How To Use Plex To Put All Your Streaming Services in One Place

How To Use Plex To Put All Your Streaming Services in One Place

Plex is the latest platform with ambitions to become a central hub for all your video streaming needs: A new feature called Discovery brings services including Amazon Prime Video, Netflix, and Disney Plus together in a single interface. It might be enough for you to spend more time in Plex, or perhaps to give it a go for the first time.

If you’re completely new to the Plex experience, you can think of it as a sort of private Netflix or Spotify that you run yourself. You provide the video and audio files, and Plex serves them up to all your devices, whether that’s a smart TV upstairs in your home or a smartphone on the other side of the world.

Parts of Plex are free to use and other parts require a Plex Pass, yours for $US5 ($7) a month or $US40 ($56) a year. The features that we’re talking about here are available in Plex for free, though you do of course have to be signed up for the various streaming services that you want to be able to search through.

There are two parts to Plex: The server client that you install on the computer or NAS device that has all your media on it, and then the various apps that you run on your other computers, as well as your smartphones, tablets, TVs, and consoles. The server client finds, organizes and serves up all your media, and the Plex apps can then be used to access it.

We’re going to assume that you’ve already got Plex up and running on your devices, but if you haven’t, it’s not difficult to get started: Head to the main Plex website to register a free account and to download the various bits of software that you need. You’ll be taken through all the necessary processes, step by step.

Choose the streaming services that you've signed up to. (Screenshot: Plex)
Choose the streaming services that you’ve signed up to. (Screenshot: Plex)

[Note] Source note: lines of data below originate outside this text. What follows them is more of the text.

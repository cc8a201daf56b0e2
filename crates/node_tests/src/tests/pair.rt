// A source and a sink that are joined by a pipe, and the files that both work on. `source` and
// `sink` step one of them, `run` both in turn until neither moves, and each returns the state;
// `look` returns how many items are in the pipe, `hang-up` hangs its reader up, `source-fault` and
// `sink-fault` return why a node failed.
ghost use Rattle.std.specs.Prelude.{◌≤◌, IsSome};
ghost use Rattle.std.specs.Option.{ForSome};
ghost use Rattle.bounded_pipe.specs.Ends.{AreEnds, IsCapacity};
ghost use Rattle.file_stores.specs.inner.Memory.{shown_files};
ghost use Rattle.machine.specs.Pieces.{IsBlock};

use super::memory::set;
use super::*;
use bounded_pipe::{beside, pipe};
use collector::{Files, RunFault, Sink, Source};
use file_stores::MemoryFiles;
use machine::NoMemory;
use run_types::Step;

#[derive(Drop)]
struct Joined {
    files: MemoryFiles,
    source: Source,
    sink: Sink,
    ghost input: { ForSome source.file (λ file. IsSome ((shown_files files).inputs file)) },
    ghost output: { IsSome ((shown_files files).outputs sink.file) },
    ghost ends: { AreEnds source.end sink.end },
}

// A source that reads the open file `input`, and a sink that writes the open file `output`, with a pipe of this number between
// them, which can hold `capacity` items. The first read asks for `first` bytes.
fn join(
    alloc: Global,
    files: MemoryFiles,
    number: usize,
    input: (Option<usize>, Option<InName>),
    output: (usize, OutName),
    capacity: usize,
    block: usize,
    first: usize,
) -> Result<Joined, NoMemory>
    requires capacity { IsCapacity capacity }
    requires block { IsBlock block }
    requires first { (1 ≤ first) × (first ≤ block) }
    requires named { IsSome input.0 → IsSome input.1 }
    requires input { ForSome input.0 (λ file. IsSome ((shown_files files).inputs file)) }
    requires output { IsSome ((shown_files files).outputs output.0) }
{
    let (writer, reader) = pipe(alloc, capacity, 65536)?;
    let source = Source::new(alloc, number, writer, input.0, input.1, block, first);
    Ok(Joined {
        files,
        source,
        sink: Sink::new(alloc, number, reader, output.0, output.1, 65_536),
    })
}

// The file `in`, which holds these bytes, is read in pieces of at most `block` bytes, at first of `first`, and `out` is written.
fn copy(
    alloc: Global,
    mut files: MemoryFiles,
    number: usize,
    capacity: usize,
    block: usize,
    first: usize,
) -> Result<Joined, Fail>
    requires capacity { IsCapacity capacity }
    requires block { IsBlock block }
    requires first { (1 ≤ first) × (first ≤ block) }
{
    let read = in_name(alloc, "in")?;
    let write = out_name(alloc, "out", false)?;
    let input = files.open_in(&read)?;
    let output = (files.open_out(&write)?, write);
    let input = (Some(input), Some(read));
    Ok(join(alloc, files, number, input, output, capacity, block, first)?)
}

fn files_with(alloc: Global, bytes: &[u8]) -> Result<MemoryFiles, NoMemory> {
    let mut files = MemoryFiles::new(alloc);
    files.add(b"in", bytes)?;
    Ok(files)
}

// Plays a script of `count` lines on a source of a file with these bytes and a sink.
fn play_copy(
    alloc: Global,
    bytes: &[u8],
    shape: (usize, usize, usize),
    lines: usize,
    script: &str,
) -> Result<(), Fail>
    requires capacity { (1 ≤ shape.1) × (shape.1 ≤ 4096) }
    requires block { (1 ≤ shape.2) × (shape.2 ≤ 65536) }
{
    let (number, capacity, block) = shape;
    let files = files_with(alloc, bytes)?;
    let mut joined = copy(alloc, files, number, capacity, block, block)?;
    play(alloc, &mut joined, lines, script)
}

impl Joined {
    // Steps both in turn, until neither moves any more. Returns the state of both.
    fn run(&mut self) -> (Step, Step) {
        let mut steps = (Step::Moved, Step::Moved);
        for _ in 0..1000 {
            self.meet();
            let put = self.source.step(&mut self.files);
            self.meet();
            let took = self.sink.step(&mut self.files);
            steps = (put, took);
            if put != Step::Moved && took != Step::Moved {
                break;
            }
        }
        steps
    }

    // Looks at the pipe from both sides. Returns how many items are in it.
    fn meet(&mut self) -> usize {
        beside(self.source.pipe_end(), self.sink.pipe_end())
    }

    fn look(&mut self, alloc: Global, action: &str) -> Result<Vec<u8>, Fail> {
        match action {
            "look" => shown(alloc, &self.meet()),
            "source-fault" => fault_text(alloc, self.source.fault()),
            "sink-fault" => fault_text(alloc, self.sink.fault()),
            _ => unknown(),
        }
    }
}

// Why a node failed.
fn fault_text(alloc: Global, fault: Option<&RunFault>) -> Result<Vec<u8>, Fail> {
    match fault {
        Some(fault) => shown(alloc, fault),
        None => bytes_of(alloc, b"none"),
    }
}

impl Bench for Joined {
    fn act(&mut self, alloc: Global, action: &str, with: &str) -> Result<Vec<u8>, Fail> {
        match action {
            "run" => debugged(alloc, &self.run()),
            "source" => debugged(alloc, &self.source.step(&mut self.files)),
            "sink" => debugged(alloc, &self.sink.step(&mut self.files)),
            "hang-up" => {
                self.sink.pipe_end().hang_up();
                done(alloc)
            }
            "look" | "source-fault" | "sink-fault" => self.look(alloc, action),
            _ => set(&mut self.files, alloc, action, with),
        }
    }
}

#[test]
fn short_reads_and_writes(rt: HostRuntime) -> Result<(), Fail> {
    let script = r"limit-reads 5
limit-writes 2
run -> (Ended, Ended)
content out -> abcdef
reads -> 3";
    play_copy(rt.alloc(), b"abcdef", (0, 1, 4096), 5, script)
}

#[test]
fn failed_write(rt: HostRuntime) -> Result<(), Fail> {
    let script = r"limit-writes 1
fail-write 4
run -> (Ended, Failed)
content out -> abc
failures -> 1
sink-fault -> F2 WriteFault: out
run -> (Ended, Failed)";
    play_copy(rt.alloc(), b"abcdef", (0, 16, 4096), 7, script)
}

#[test]
fn failed_read(rt: HostRuntime) -> Result<(), Fail> {
    let script = r"fail-read 3
run -> (Failed, Waits(0))
content out -> abcd
failures -> 1
source-fault -> F1 ReadFault: in";
    play_copy(rt.alloc(), b"abcdef", (0, 16, 2), 5, script)
}

#[test]
fn a_source_waits_and_breaks(rt: HostRuntime) -> Result<(), Fail> {
    let script = r"source -> Moved
source -> Waits(7)
source -> Waits(7)
reads -> 2
look -> 1
hang-up
source -> Broken
source -> Broken
reads -> 2";
    play_copy(rt.alloc(), b"abc", (7, 1, 1), 9, script)
}

#[test]
fn reads_grow_and_short_pieces_are_written_at_once(rt: HostRuntime) -> Result<(), Fail> {
    let alloc = rt.alloc();
    let script = r"fail-write 2
source -> Moved
reads -> 1
source -> Moved
source -> Moved
source -> Moved
source -> Moved
source -> Moved
reads -> 6
look -> 6
sink -> Moved
look -> 0
content out -> abcdefghijklmnopqrstuvwxyzABCDEFGHIJKLMNOPQRSTUVWXYZ
run -> (Ended, Ended)";
    let files = files_with(
        alloc,
        b"abcdefghijklmnopqrstuvwxyzABCDEFGHIJKLMNOPQRSTUVWXYZ",
    )?;
    let mut joined = copy(alloc, files, 0, 16, 16, 2)?;
    play(alloc, &mut joined, 14, script)
}
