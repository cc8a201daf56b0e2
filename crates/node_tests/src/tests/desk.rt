// Files with the last input and the last output that were opened: `in NAME`, `out NAME` and `append
// NAME` open and return the number, `read ROOM` returns the bytes, `write BYTES` how many were
// taken. `last-lines NAME COUNT` and `last-bytes NAME COUNT` open an input of which so much is needed.
ghost use Rattle.std.specs.Prelude.{IsSome};
ghost use Rattle.std.specs.Option.{ForSome};
ghost use Rattle.file_stores.specs.inner.Memory.{shown_files};

use super::memory::set;
use super::*;
use collector::{Files, NeededEnd};
use file_stores::MemoryFiles;

#[derive(Drop)]
struct Desk {
    files: MemoryFiles,
    input: Option<usize>,
    output: Option<usize>,
    ghost reads: { ForSome input (λ file. IsSome ((shown_files files).inputs file)) },
    ghost writes: { ForSome output (λ file. IsSome ((shown_files files).outputs file)) },
}

impl Desk {
    // Nothing is open.
    fn new(files: MemoryFiles) -> Desk {
        Desk {
            files,
            input: None,
            output: None,
        }
    }

    fn open_in(&mut self, alloc: Global, name: &InName) -> Result<Vec<u8>, Fail> {
        self.input = None;
        match self.files.open_in(name) {
            Ok(file) => {
                self.input = Some(file);
                shown(alloc, &file)
            }
            Err(refused) => shown(alloc, &refused),
        }
    }

    fn open_end(
        &mut self,
        alloc: Global,
        name: &InName,
        needed: NeededEnd,
    ) -> Result<Vec<u8>, Fail> {
        self.input = None;
        match self.files.open_in(name) {
            Ok(file) => {
                self.files.leave_out_front(file, needed);
                self.input = Some(file);
                shown(alloc, &file)
            }
            Err(refused) => shown(alloc, &refused),
        }
    }

    fn open_out(&mut self, alloc: Global, name: &OutName) -> Result<Vec<u8>, Fail> {
        self.output = None;
        match self.files.open_out(name) {
            Ok(file) => {
                self.output = Some(file);
                shown(alloc, &file)
            }
            Err(refused) => shown(alloc, &refused),
        }
    }

    fn read(&mut self, alloc: Global, into: &mut [u8]) -> Result<Vec<u8>, Fail> {
        let Some(file) = self.input else {
            return unknown();
        };
        match self.files.read(file, into) {
            Ok(count) => bytes_of(alloc, &into[..count]),
            Err(failed) => shown(alloc, &failed),
        }
    }

    fn write(&mut self, alloc: Global, bytes: &[u8]) -> Result<Vec<u8>, Fail> {
        let Some(file) = self.output else {
            return unknown();
        };
        match self.files.write(file, bytes) {
            Ok(count) => shown(alloc, &count),
            Err(failed) => shown(alloc, &failed),
        }
    }
}

fn enter(desk: &mut Desk, alloc: Global, with: &str) -> Result<Vec<u8>, Fail> {
    let name = in_name(alloc, with)?;
    desk.open_in(alloc, &name)
}

fn enter_lines(desk: &mut Desk, alloc: Global, with: &str) -> Result<Vec<u8>, Fail> {
    let (name, count) = halves(with, " ");
    let name = in_name(alloc, name)?;
    desk.open_end(alloc, &name, NeededEnd::Lines(count.parse()?))
}

fn enter_bytes(desk: &mut Desk, alloc: Global, with: &str) -> Result<Vec<u8>, Fail> {
    let (name, count) = halves(with, " ");
    let name = in_name(alloc, name)?;
    desk.open_end(alloc, &name, NeededEnd::Bytes(count.parse()?))
}

fn leave(desk: &mut Desk, alloc: Global, with: &str, append: bool) -> Result<Vec<u8>, Fail> {
    let name = out_name(alloc, with, append)?;
    desk.open_out(alloc, &name)
}

fn read(desk: &mut Desk, alloc: Global, with: &str) -> Result<Vec<u8>, Fail> {
    let mut into = vec![in alloc; 0; number(with)?]?;
    desk.read(alloc, into.as_mut_slice())
}

fn write(desk: &mut Desk, alloc: Global, with: &str) -> Result<Vec<u8>, Fail> {
    let bytes = decoded(alloc, with)?;
    desk.write(alloc, bytes.as_slice())
}

impl Bench for Desk {
    fn act(&mut self, alloc: Global, action: &str, with: &str) -> Result<Vec<u8>, Fail> {
        match action {
            "in" => enter(self, alloc, with),
            "last-lines" => enter_lines(self, alloc, with),
            "last-bytes" => enter_bytes(self, alloc, with),
            "out" => leave(self, alloc, with, false),
            "append" => leave(self, alloc, with, true),
            "read" => read(self, alloc, with),
            "write" => write(self, alloc, with),
            _ => set(&mut self.files, alloc, action, with),
        }
    }
}

fn play_in_memory(alloc: Global, lines: usize, script: &str) -> Result<(), Fail> {
    let mut desk = Desk::new(MemoryFiles::new(alloc));
    play(alloc, &mut desk, lines, script)
}

#[test]
fn openings_are_answered_in_order(rt: HostRuntime) -> Result<(), Fail> {
    play_in_memory(
        rt.alloc(),
        12,
        r"add a one
forbid b
in - -> 0
in a -> 1
in a -> 2
in b -> refused
in c -> refused
out b -> refused
out c -> 0
in c -> 3
content c
content b -> ?",
    )
}

#[test]
fn append_and_truncate(rt: HostRuntime) -> Result<(), Fail> {
    for (action, content) in [("out", "ab"), ("append", "oldab")] {
        let script = format!(in rt.alloc();
            r"add x old
in x -> 0
{action} x -> 0
write ab -> 2
content x -> {content}
read 8 -> old"
        )?;
        play_in_memory(rt.alloc(), 6, script.as_str())?;
    }
    Ok(())
}

#[test]
fn failures_are_counted(rt: HostRuntime) -> Result<(), Fail> {
    play_in_memory(
        rt.alloc(),
        13,
        r"input abc
fail-read 2
fail-write 1
in - -> 0
out - -> 0
read 1 -> a
read 1 -> failed
read 1 -> b
write xy -> failed
write xy -> 2
output -> xy
failures -> 2
reads -> 3",
    )
}

#[test]
fn the_last_lines_are_left(rt: HostRuntime) -> Result<(), Fail> {
    play_in_memory(
        rt.alloc(),
        26,
        r"add a one%0Atwo%0Athree%0A
last-lines a 2 -> 0
read 99 -> two%0Athree%0A
read 99
last-lines a 3 -> 1
read 99 -> one%0Atwo%0Athree%0A
last-lines a 4 -> 2
read 99 -> one%0Atwo%0Athree%0A
last-lines a 0 -> 3
read 99 -> three%0A
last-lines a 9223372036854775807 -> 4
read 99 -> one%0Atwo%0Athree%0A
content a -> one%0Atwo%0Athree%0A
add a one%0D%0A%00%0A%0A%00last
last-lines a 1 -> 5
read 99 -> %00last
last-lines a 2 -> 6
read 99 -> %0A%00last
last-lines a 3 -> 7
read 99 -> %00%0A%0A%00last
add a no newline
last-lines a 1 -> 8
read 99 -> no newline
input a%0Ab%0A
last-lines - 1 -> 9
read 99 -> b%0A",
    )
}

#[test]
fn the_last_bytes_are_left(rt: HostRuntime) -> Result<(), Fail> {
    play_in_memory(
        rt.alloc(),
        12,
        r"add a abc%0Ad
last-bytes a 2 -> 0
read 99 -> %0Ad
last-bytes a 5 -> 1
read 99 -> abc%0Ad
last-bytes a 9223372036854775807 -> 2
read 99 -> abc%0Ad
last-bytes a 0 -> 3
read 99
add b
last-lines b 1 -> 4
read 99",
    )
}
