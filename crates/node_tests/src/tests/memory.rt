// The actions that only files in memory have: `add NAME BYTES`, `input BYTES`, `forbid NAME`, `limit-reads MOST`,
// `limit-writes MOST`, `fail-read CALL`, `fail-write CALL`, and the looks `content NAME`, `output`, `reads` and `failures`.
ghost use Rattle.std.specs.Prelude.{◌≡◌};

use super::*;
use collector::Files;
use file_stores::MemoryFiles;

// Does what a line says. What is open stays so.
pub(super) fn set(
    files: &mut MemoryFiles,
    alloc: Global,
    action: &str,
    with: &str,
) -> Result<Vec<u8>, Fail>
    ensures inputs { files.new.inputs ≡ files.old.inputs }
    ensures outputs { files.new.outputs ≡ files.old.outputs }
{
    match action {
        "add" => add(files, alloc, with),
        "input" => input(files, alloc, with),
        "forbid" => forbid(files, alloc, with),
        "content" => content(files, alloc, with),
        "output" => bytes_of(alloc, files.output()),
        "reads" => shown(alloc, &files.reads()),
        "failures" => shown(alloc, &files.failures()),
        _ => limit(files, alloc, action, with),
    }
}

fn add(files: &mut MemoryFiles, alloc: Global, with: &str) -> Result<Vec<u8>, Fail>
    ensures inputs { files.new.inputs ≡ files.old.inputs }
    ensures outputs { files.new.outputs ≡ files.old.outputs }
{
    let (name, bytes) = halves(with, " ");
    let name = decoded(alloc, name)?;
    let bytes = decoded(alloc, bytes)?;
    files.add(name.as_slice(), bytes.as_slice())?;
    done(alloc)
}

fn input(files: &mut MemoryFiles, alloc: Global, with: &str) -> Result<Vec<u8>, Fail>
    ensures inputs { files.new.inputs ≡ files.old.inputs }
    ensures outputs { files.new.outputs ≡ files.old.outputs }
{
    let bytes = decoded(alloc, with)?;
    files.set_input(bytes.as_slice())?;
    done(alloc)
}

fn forbid(files: &mut MemoryFiles, alloc: Global, with: &str) -> Result<Vec<u8>, Fail>
    ensures inputs { files.new.inputs ≡ files.old.inputs }
    ensures outputs { files.new.outputs ≡ files.old.outputs }
{
    let name = decoded(alloc, with)?;
    files.forbid(name.as_slice())?;
    done(alloc)
}

fn limit(files: &mut MemoryFiles, alloc: Global, action: &str, with: &str) -> Result<Vec<u8>, Fail>
    ensures inputs { files.new.inputs ≡ files.old.inputs }
    ensures outputs { files.new.outputs ≡ files.old.outputs }
{
    let number = number(with)?;
    match action {
        "limit-reads" => files.limit_reads(number),
        "limit-writes" => files.limit_writes(number),
        "fail-read" => files.fail_read(number as u64),
        "fail-write" => files.fail_write(number as u64),
        _ => return unknown(),
    }
    done(alloc)
}

fn content(files: &MemoryFiles, alloc: Global, name: &str) -> Result<Vec<u8>, Fail> {
    let name = decoded(alloc, name)?;
    bytes_of(alloc, files.content(name.as_slice()).unwrap_or(b"?"))
}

Find Netflix, Disney+, HBO Max, and More

At the time of writing, Plex is showcasing Discovery right on its front page: You can just start typing in the name of a TV show or movie that you’re looking for, and you’ll be shown matches from across the streaming universe. From the Reacher series to the film Nomadland, there’s now a listing page for all these titles on the Plex site, together with details on the services where you can buy them, rent them, or watch them as part of an existing subscription package.

To start getting these titles added to your own personal Plex experience, you can sign in and open the Plex web app. You may well get prompted to start adding streaming services as soon as you open the app, but if not, you can click on the Discover link on the navigation bar on the left (the compass icon), then Select my streaming services.

Discovery is available everywhere else that Plex is, of course. From the mobile apps, tap the menu button (top left), then the cog icon and Streaming Services to configure the services that appear inside the Plex interface. At the moment, it’s the web app that offers the most comprehensive access to Discovery, but that may change over time.

The streaming apps that are available to connect to will depend on where you are in the world, but the likes of Netflix, Amazon Prime Video, YouTube, Disney Plus, Apple TV Plus, HBO Max and Hulu are all supported — in fact, the list of platforms you can access is longer and more comprehensive than we were expecting.

If you can stream something somewhere, Plex knows about it.  (Screenshot: Plex)
If you can stream something somewhere, Plex knows about it. (Screenshot: Plex)

Plex Isn’t Perfect

You should limit your expectations though: Your watching isn’t synced in Plex, and in fact you don’t even have to sign in to these other services. What Plex is doing is letting you discover what’s in these other apps — hence the name of the feature — as well as listing what’s trending and what’s recommended through these alternative services too.

One extra bit of functionality that’s helpful is a universal watchlist that you can manage in Plex. No matter where something is streaming, you can add it to this watchlist, and Plex will tell you where it can be found (and for how much, if relevant). It’s similar to the watchlist that’s now accessible through Google TV.

In some cases, Plex can send you straight to the relevant app when you select a title, but it depends on the device you’re on and the particular Plex app you’re using (you can’t stream stuff from Netflix inside Plex or anything like that). You may have to still manually switch to the other app on occasion to actually get to your content.

It’s possible that some of these connections may get pulled over time, of course — Netflix would much rather you looked for stuff on Netflix rather than Plex — but for now it works very well. When you search for something, results from all your streaming apps as well as your Plex library show up, and you can pick how you want to watch something.

We should mention that Discovery is still labelled as being in beta, so you can expect one or two bugs and some new features to get introduced over time. It’s already working pretty well though, and there’s certainly some usefulness here: Plex says that viewers in the US spend a total of 600 million minutes a night deciding what to watch, a total that might just start declining slightly, thanks to Discovery.